# GM Customer Satisfaction Survey



## Camcruse (Oct 4, 2011)

I ripped the dealership and especially the salesman apart. I clearly said that that was the worst car buying experience that I ever had and I've been buying cars for 40 years. Funny that I got an email from the salesman that he's now at another dealership selling cars and If I ever needed to buy one to contact him....not on my life. They even screwed up my car registration and title by having it listed as a wagon and not a 4d sedan. I hope I never have to go back there, even for the free oil changes. I'll pay for them out of my own pocket. They even blackmail you to buy an extended warranty (which I did not). Otherwise they won't give you a loaner car. Now that I have my title in hand I'm going to be sending the owner of the dealership a letter telling him of my experience.

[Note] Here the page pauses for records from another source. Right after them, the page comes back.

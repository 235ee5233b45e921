//! Makes one call after a number of allocations, and prints the result of the call.
//!
//! Standard input is a line `SPENT CALL`. First SPENT allocations are made and freed, and then the call with the name CALL is
//! made. In every run, `tests/refused-growths` refuses allocation number N of the run, with the same N for all runs. So SPENT
//! decides which allocation of the call is refused, and the test tries all of them.
#![tactic(auto)]

use buddy_core::Buddy;
use command_line::{Outcome, read_words};
use kernel_core::{BootError, Config, Kernel};
use klist_core::Lists;
use slab_core::Slabs;
use space_core::Space;
use std::alloc::{AllocError, Global};
use std::io::{self, ErrorKind, Read};
use std::str;

fn main(rt: HostRuntime) -> io::Result<()> {
    let mut buffer = [0; 64];
    let count = rt.reader().read(&mut buffer)?;
    match run(rt.alloc(), &buffer[..count]) {
        Some(answer) => println!(rt; "{answer}"),
        None => Err(ErrorKind::InvalidInput.into()),
    }
}

/// Runs a line `SPENT CALL`. Returns the result of the call, or `None` if the line is faulty or there is no such call.
fn run(alloc: Global, line: &[u8]) -> Option<&'static str> {
    let line = str::from_utf8(line).ok()?;
    let (spent, call) = line.trim_end().split_once(' ')?;
    let spent = spent.parse::<u32>().ok()?;
    for _allocation in 0..spent {
        let _freed = Box::new(alloc, 0_u8);
    }
    made(alloc, call).or_else(|| read(alloc, call))
}

/// A machine with two superblocks of eight frames each, and two tenants.
const MACHINE: Config = Config {
    order: 3,
    superblocks: 2,
    tenants: 2,
};

/// Makes a part of `MACHINE`, or boots a kernel. Returns the result of the call with this name, or `None` if there is no such
/// call.
fn made(alloc: Global, call: &str) -> Option<&'static str> {
    match call {
        "Lists::new" => Some(part(&Lists::new(alloc, 16, 6))),
        "Space::new" => Some(part(&Space::new(alloc, 3, 2, 2))),
        "Buddy::new" => Some(part(&Buddy::new(alloc, 3, 2, 2))),
        "Slabs::new" => Some(part(&Slabs::new(alloc, 3, 2, 2))),
        "Kernel::boot" => Some(booted(alloc, MACHINE)),
        "Kernel::boot of a bad number" => Some(badly_booted(alloc)),
        _ => None,
    }
}

fn part<T>(made: &Result<T, AllocError>) -> &'static str {
    match made {
        Ok(_) => "Ok",
        Err(_) => "AllocError",
    }
}

fn booted(alloc: Global, config: Config) -> &'static str {
    match Kernel::boot(alloc, config) {
        Ok(_) => "Ok",
        Err(BootError::Memory) => "Memory",
        Err(BootError::BadConfig) => "BadConfig",
    }
}

/// Bad sizes of machines: in each row the order, the number of superblocks or the number of tenants is out of range.
const BAD: [(u32, u32, u32); 7] = [
    (2, 2, 2),
    (9, 2, 2),
    (3, 0, 2),
    (3, 257, 2),
    (3, 2, 0),
    (3, 2, 65),
    (u32::MAX, u32::MAX, u32::MAX),
];

/// Boots kernels with bad sizes. Returns the first result that is not `BadConfig`, or else `BadConfig`.
fn badly_booted(alloc: Global) -> &'static str {
    for (order, superblocks, tenants) in BAD {
        let answer = booted(
            alloc,
            Config {
                order,
                superblocks,
                tenants,
            },
        );
        if answer != "BadConfig" {
            return answer;
        }
    }
    "BadConfig"
}

/// The words of a command line that is accepted. The command lines `ONLY_TWO` and `ORDER_TWO` are refused.
const IN_ORDER: [&str; 9] = [
    "--order",
    "3",
    "--superblocks",
    "2",
    "--tenants",
    "2",
    "--only",
    "1",
    "trace",
];

const ONLY_TWO: [&str; 8] = [
    "--order",
    "3",
    "--superblocks",
    "2",
    "--tenants",
    "2",
    "--only",
    "2",
];

const ORDER_TWO: [&str; 6] = ["--order", "2", "--superblocks", "2", "--tenants", "2"];

/// Reads the words of a command line. Returns the result of the call with this name, or `None` if there is no such call.
fn read(alloc: Global, call: &str) -> Option<&'static str> {
    match call {
        "read_words" => Some(answered(alloc, &IN_ORDER)),
        "read_words of --only 2" => Some(answered(alloc, &ONLY_TWO)),
        "read_words of --order 2" => Some(answered(alloc, &ORDER_TWO)),
        "read_words of --help" => Some(answered(alloc, &["--help"])),
        _ => None,
    }
}

fn answered(alloc: Global, words: &[&str]) -> &'static str {
    match read_words(alloc, words) {
        Ok(settings) => {
            if settings.config == MACHINE
                && settings.only == Some(1)
                && settings.file.as_deref() == Some("trace")
            {
                "Ok"
            } else {
                "Ok with other settings"
            }
        }
        Err(Outcome::Help(_)) => "Help",
        Err(Outcome::Version(_)) => "Version",
        Err(Outcome::BadLine(_)) => "BadLine",
        Err(Outcome::BadOnly) => "BadOnly",
        Err(Outcome::NoMemory) => "NoMemory",
        Err(Outcome::Done | Outcome::Unreadable | Outcome::Unwritable) => "another outcome",
    }
}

I did receive a letter from GM to contact them regarding my experience and I will be on contact with them.


----------



## TwelveCruze (Nov 24, 2011)

Camcruse said:


> I ripped the dealership and especially the salesman apart. I clearly said that that was the worst car buying experience that I ever had and I've been buying cars for 40 years. Funny that I got an email from the salesman that he's now at another dealership selling cars and If I ever needed to buy one to contact him....not on my life. They even screwed up my car registration and title by having it listed as a wagon and not a 4d sedan. I hope I never have to go back there, even for the free oil changes. I'll pay for them out of my own pocket. They even blackmail you to buy an extended warranty (which I did not). Otherwise they won't give you a loaner car. Now that I have my title in hand I'm going to be sending the owner of the dealership a letter telling him of my experience.
> 
> I did receive a letter from GM to contact them regarding my experience and I will be on contact with them.

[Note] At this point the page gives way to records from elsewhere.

//! What a node keeps and counts of what its children become.

ghost use Rattle.std.specs.Prelude.{◌≡◌};
ghost use Rattle.html_render_tree_convert.specs.Conversion.{is_blank};
ghost use Rattle.html_render_tree_convert.specs.Results.{shows_nothing};
ghost use Rattle.html_render_tree_convert.specs.Keeping.{keeping_of, keeps_by};

use html_render_layout_nodes::tree::NodeKind;

/// What a node keeps and counts of what its children become.
#[derive(Clone, Copy)]
pub enum Keeping {
    /// It keeps and counts all.
    Any,
    /// It keeps items: a numbered list.
    Items,
    /// It keeps terms and descriptions: a list of descriptions.
    Descriptions,
    /// It keeps all, and counts what shows something: a link.
    Shown,
}

impl Keeping {
    /// Returns what a node of this kind keeps and counts.
    #[inline(always)]
    pub fn of(kind: &NodeKind) -> Keeping
        ensures { result ≡ keeping_of kind.now }
    {
        match kind {
            NodeKind::Ol(_) => Keeping::Items,
            NodeKind::Dl => Keeping::Descriptions,
            NodeKind::Link(_) => Keeping::Shown,
            _ => Keeping::Any,
        }
    }

    /// Reports whether a child of this kind is kept.
    pub fn keeps(self, child: &NodeKind) -> bool
        ensures { result ≡ keeps_by self child.now }
    {
        match self {
            Keeping::Items => matches!(child, NodeKind::ListItem),
            Keeping::Descriptions => matches!(child, NodeKind::Dt | NodeKind::Dd),
            Keeping::Any | Keeping::Shown => true,
        }
    }
}

/// Reports whether a text has nothing but white space.
fn is_blank(text: &str) -> bool
    ensures { result ≡ is_blank text.now }
{
    text.trim().is_empty()
}

/// Reports whether a node shows nothing, as far as is seen without going into its children: its text is blank, or it has no
/// children. A table always has some.
#[inline(never)]
pub fn shows_nothing(kind: &NodeKind, has_children: bool) -> bool
    ensures { result ≡ shows_nothing kind.now has_children }
{
    match kind {
        NodeKind::Text(text) => is_blank(text.as_str()),
        NodeKind::Image(image) => is_blank(image.title().as_str()),
        NodeKind::Svg(title) => is_blank(title.as_str()),
        _ => !has_children,
    }
}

Wow Camcruse, sorry your experience was so bad. When a person gets a new car they should have a good experience with it. I was (and continue to be) impressed with my experience. This was my first domestic car purchase in 30 years and to be honest with you, I was impressed with how far they have come. I filled out my GM Satisfaction Survey truthfully, there were some things that were supposed to happen that didn't. For example, I had no interest of getting a tour of their service department at that time. After waiting for my car to come in exactly how I wanted it, I was anxious to get in and take off. 

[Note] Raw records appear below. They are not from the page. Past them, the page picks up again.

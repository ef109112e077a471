//! Which render node a node of a document becomes.

ghost use Rattle.std.specs.Prelude.{◌≡◌, ◌&&◌, ◌||◌, false, IfOk, codes, if◌then◌else◌, map};
ghost use Rattle.std.specs.Option.{option_map_or};
ghost use Rattle.std.specs.Str.{bytes_eq};
ghost use Rattle.html_render_dom_nodes.specs.Content.{name_of, property_of, space_of, is_html};
ghost use Rattle.html_render_dom.specs.Dom.{IsForest, IsNode, children_at, trees_of};
ghost use Rattle.html_render_dom.specs.Attributes.{first_value};
ghost use Rattle.html_render_dom_styles.specs.Selectors.{is_filled};
ghost use Rattle.html_render_tree_convert.specs.Images.{image_parts};
ghost use Rattle.html_render_tree_convert.specs.Conversion.{html_mapping, element_mapping, preformatted_style, node_style};
ghost use Rattle.html_render_tree_convert.specs.KnownElements.{html_element_mapping, is_preformatted};

use crate::attributes::{first_value, span_of, start_of};
use crate::images::{drawing_title, image_parts};
use crate::tables::Part;
use html_render_dom::Error;
use html_render_dom::dom::{Attribute, AttributeValue, Handle, Namespace, QualName, RcDom};
use html_render_dom::style::{ComputedStyle, Specificity, StyleOrigin, WhiteSpace};
use html_render_dom_nodes::is_same_name;
use html_render_layout_nodes::text::NodeText;
use html_render_layout_nodes::tree::{Emphasis, Image, NodeKind, NodeStyle};
use std::alloc::{AllocError, Global};

/// The end of an element whose children have no results that count.
#[derive(Clone, Copy)]
pub enum IfEmpty {
    /// A node without children.
    Stands,
    /// Nothing.
    Vanishes,
}

/// Kind of an element over the results of its children.
#[derive(Drop)]
pub enum ElementKind {
    /// A node of this kind.
    Node(NodeKind),
    /// A part of a table.
    Part(Part),
}

/// The conversion of an element, its style aside.
#[derive(Drop)]
pub enum Mapping {
    /// It becomes nothing, and its children aren't converted.
    Nothing,
    /// It becomes a node without children; its own aren't converted.
    Leaf(NodeKind),
    /// It becomes a node, or a part of a table, over the results of its children.
    Parent(ElementKind, IfEmpty),
}

/// Returns the mapping to a node over the results of its children, where some of them count.
fn vanishing(kind: NodeKind) -> Mapping
    ensures { result ≡ Mapping.Parent (ElementKind.Node kind) IfEmpty.Vanishes }
{
    Mapping::Parent(ElementKind::Node(kind), IfEmpty::Vanishes)
}

/// Returns the mapping to a node over the results of its children.
fn standing(kind: NodeKind) -> Mapping
    ensures { result ≡ Mapping.Parent (ElementKind.Node kind) IfEmpty.Stands }
{
    Mapping::Parent(ElementKind::Node(kind), IfEmpty::Stands)
}

/// Returns the mapping to a part of a table.
fn table_part(part: Part, if_empty: IfEmpty) -> Mapping
    ensures { result ≡ Mapping.Parent (ElementKind.Part part) if_empty }
{
    Mapping::Parent(ElementKind::Part(part), if_empty)
}

/// Reports whether a name is `other`, a constant. Compares the bytes in place: a `match` would call a comparison of texts for
/// each name that it lists.
#[inline(always)]
pub(crate) fn is(name: &str, other: &str) -> bool
    ensures { result ≡ bytes_eq name.now other.now }
{
    let bytes = name.as_bytes();
    let others = other.as_bytes();
    if bytes.len() != others.len() {
        return false;
    }
    for at in 0..others.len() {
        if bytes[at] != others[at] {
            return false;
        }
    }
    true
}

/// Returns the mapping of an element of HTML whose node holds no text, by its local name and its attributes. Cells, rows and
/// `div`, of which large documents have most, are mapped in place.
#[inline(always)]
pub(crate) fn html_mapping(name: &str, attributes: &[Attribute]) -> Mapping
    ensures { result ≡ html_mapping name.now (map property_of attributes.now) }
{
    if is(name, "td") || is(name, "th") {
        return table_part(Part::Cell(span_of(attributes)), IfEmpty::Stands);
    }
    if is(name, "tr") {
        return table_part(Part::Row, IfEmpty::Stands);
    }
    if is(name, "div") {
        return vanishing(NodeKind::Div);
    }
    other_mapping(name, attributes)
}

/// Returns the mapping of an element of HTML that is no cell, row or `div` and whose node holds no text, by its local name and
/// its attributes.
#[inline(never)]
fn other_mapping(name: &str, attributes: &[Attribute]) -> Mapping
    requires cell { bytes_eq name.now (codes "td") ≡ false }
    requires header { bytes_eq name.now (codes "th") ≡ false }
    requires row { bytes_eq name.now (codes "tr") ≡ false }
    requires div { bytes_eq name.now (codes "div") ≡ false }
    ensures { result ≡ html_mapping name.now (map property_of attributes.now) }
{
    match name {
        _ if is_same_name(name, "p") => vanishing(NodeKind::Block),
        _ if is_same_name(name, "pre") => standing(NodeKind::Block),
        _ if is_same_name(name, "li") => standing(NodeKind::ListItem),
        _ if is_same_name(name, "em") || is_same_name(name, "i") || is_same_name(name, "ins") =>
            standing(NodeKind::Emphasis(Emphasis::Em)),
        _ if is_same_name(name, "strong") || is_same_name(name, "b") => standing(NodeKind::Emphasis(
            Emphasis::Strong,
        )),
        _ if is_same_name(name, "code") => standing(NodeKind::Emphasis(Emphasis::Code)),
        _ if is_same_name(name, "br") => Mapping::Leaf(NodeKind::Break),
        _ if is_same_name(name, "ul") => vanishing(NodeKind::Ul),
        _ if is_same_name(name, "ol") => vanishing(NodeKind::Ol(start_of(attributes))),
        _ if is_same_name(name, "h1") => standing(NodeKind::Header(1)),
        _ if is_same_name(name, "h2") => standing(NodeKind::Header(2)),
        _ if is_same_name(name, "h3") => standing(NodeKind::Header(3)),
        _ if is_same_name(name, "h4") => standing(NodeKind::Header(4)),
        _ if is_same_name(name, "h5") => standing(NodeKind::Header(5)),
        _ if is_same_name(name, "h6") => standing(NodeKind::Header(6)),
        _ if is_same_name(name, "blockquote") => vanishing(NodeKind::BlockQuote),
        _ if is_same_name(name, "s") || is_same_name(name, "del") => standing(NodeKind::Strikeout),
        _ if is_same_name(name, "sup") => standing(NodeKind::Superscript),
        _ if is_same_name(name, "dl") => vanishing(NodeKind::Dl),
        _ if is_same_name(name, "dt") => standing(NodeKind::Dt),
        _ if is_same_name(name, "dd") => standing(NodeKind::Dd),
        _ if is_same_name(name, "table") => table_part(Part::Table, IfEmpty::Vanishes),
        _
            if is_same_name(name, "thead")
                || is_same_name(name, "tbody")
                || is_same_name(name, "tfoot") => table_part(Part::Body, IfEmpty::Vanishes),
        _ if is_same_name(name, "caption") => table_part(Part::Caption, IfEmpty::Vanishes),
        _ if is_same_name(name, "html") || is_same_name(name, "body") => standing(
            NodeKind::Container,
        ),
        _
            if is_same_name(name, "head")
                || is_same_name(name, "link")
                || is_same_name(name, "meta")
                || is_same_name(name, "hr")
                || is_same_name(name, "script")
                || is_same_name(name, "style") => Mapping::Nothing,
        _ => vanishing(NodeKind::Container),
    }
}

/// Returns the mapping of an `a`, by its attributes: a link to its first `href`, if it has one.
fn link_mapping(attributes: &[Attribute]) -> Result<Mapping, AllocError>
    ensures { IfOk result (λ mapping. mapping ≡ option_map_or (λ t. Mapping.Parent (ElementKind.Node (NodeKind.Link t)) IfEmpty.Vanishes)
        (first_value (codes "href") (map property_of attributes.now)) (Mapping.Parent (ElementKind.Node NodeKind.Container) IfEmpty.Stands)) }
{
    match first_value(attributes, "href") {
        Some(target) => {
            let target = target.clone()?;
            Ok(vanishing(NodeKind::Link(target)))
        }
        None => Ok(standing(NodeKind::Container)),
    }
}

/// Returns the mapping of an `img`, by its source and its title: nothing without a source.
fn image_mapping(
    alloc: Global,
    source: &AttributeValue,
    title: &AttributeValue,
) -> Result<Mapping, AllocError>
    ensures { IfOk result (λ mapping. mapping ≡ (if is_filled source.now
        then Mapping.Leaf (NodeKind.Image (record { source = source.now; title = title.now })) else Mapping.Nothing)) }
{
    if source.as_str().is_empty() {
        return Ok(Mapping::Nothing);
    }
    let image = Image::new(alloc, source.clone()?, title.clone()?)?;
    Ok(Mapping::Leaf(NodeKind::Image(image)))
}

/// Reports whether the node of an element of HTML of this name may have a text of its own.
#[inline(always)]
pub(crate) fn is_mapped_apart(name: &str) -> bool
    ensures { result ≡ (bytes_eq name.now (codes "a") || (bytes_eq name.now (codes "img") || bytes_eq name.now (codes "wbr"))) }
{
    is(name, "a") || (is(name, "img") || is(name, "wbr"))
}

/// Returns the mapping of an element of HTML, by its local name and its attributes.
fn html_element_mapping(
    alloc: Global,
    name: &str,
    attributes: &[Attribute],
) -> Result<Mapping, AllocError>
    ensures { IfOk result (λ mapping. mapping ≡ html_element_mapping name.now (map property_of attributes.now)) }
{
    match name {
        _ if is(name, "a") => link_mapping(attributes),
        _ if is(name, "img") => {
            let nothing = AttributeValue::new();
            let (source, title) = image_parts(attributes, &nothing);
            image_mapping(alloc, source, title)
        }
        _ if is(name, "wbr") => {
            let space = NodeText::from_str(alloc, "\u{200b}")?;
            Ok(Mapping::Leaf(NodeKind::Text(space)))
        }
        _ => Ok(html_mapping(name, attributes)),
    }
}

/// Returns the mapping of an element of this name and with these attributes. Outside HTML's namespace no name but SVG's `svg`
/// is special.
pub(crate) fn element_mapping(
    alloc: Global,
    dom: &RcDom,
    element: Handle,
    name: &QualName,
    attributes: &[Attribute],
) -> Result<Mapping, AllocError>
    requires forest { IsForest dom.now }
    requires node { IsNode dom.now element }
    ensures { IfOk result (λ mapping. mapping ≡ element_mapping (space_of name.now.ns) name.now.local
        (map property_of attributes.now) (trees_of dom.now (children_at dom.now element))) }
{
    match name.ns {
        Namespace::Html => html_element_mapping(alloc, name.local.as_str(), attributes),
        Namespace::Svg if is(name.local.as_str(), "svg") => {
            let title = drawing_title(alloc, dom, element)?;
            Ok(Mapping::Leaf(NodeKind::Svg(title)))
        }
        _ => Ok(vanishing(NodeKind::Container)),
    }
}

/// Reports whether an element is a `pre` of HTML.
#[inline(always)]
pub(crate) fn is_preformatted(name: &QualName) -> bool
    ensures { result ≡ is_preformatted (name_of name.now) }
{
    match name.ns {
        Namespace::Html => is(name.local.as_str(), "pre"),
        _ => false,
    }
}

/// Gives the style of a `pre` its last update: it keeps white space, unless a rule that wins over this says otherwise.
pub(crate) fn preformat(style: &mut ComputedStyle)
    ensures { style.new ≡ preformatted_style style.old }
{
    let no_specificity = Specificity::default();
    style
        .white_space
        .maybe_update(false, StyleOrigin::Agent, no_specificity, WhiteSpace::Pre);
    style.internal_pre = true;
}

/// Returns the style that an element's style gives its node.
pub fn node_style(style: &ComputedStyle) -> NodeStyle
    ensures { result ≡ node_style style.now }
{
    NodeStyle {
        colour: style.colour.val().copied(),
        background: style.bg_colour.val().copied(),
        white_space: style.white_space.val().copied().unwrap_or_default(),
        preformatted: style.internal_pre,
    }
}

I have had two contacts from the dealer since then, one from the salesmen and one from the general managers office asking if I was satisfied. I got a call just last week from General Motors not too long ago asking me to answer a survey. I feel pretty optimistic that I will have a good relationship with this dealership.

TC


----------



## Dale_K (Jul 16, 2011)

I've always tried to use the factory surveys like a kind of bribe with the dealer. I want the dealer to feel like I'm a good customer. Maybe it will do me some good in the future. So I used to take the surveys to the dealer (not only GM) and give them personally to the manager and tell them they have my permission to fill it out any way they want.

I tried to do that with the Cruze too, but instead of a printed form the letter only gave me a password/link to an online site to fill out the form. So I took that letter to the dealership since I couldn't give them the survey itself and the sales manager said he was grateful but he really couldn't use it because GM would be able to tell who filled it out through the IP address. Or at least they would be able to see that it was the dealership's IP address being used to fill out the form.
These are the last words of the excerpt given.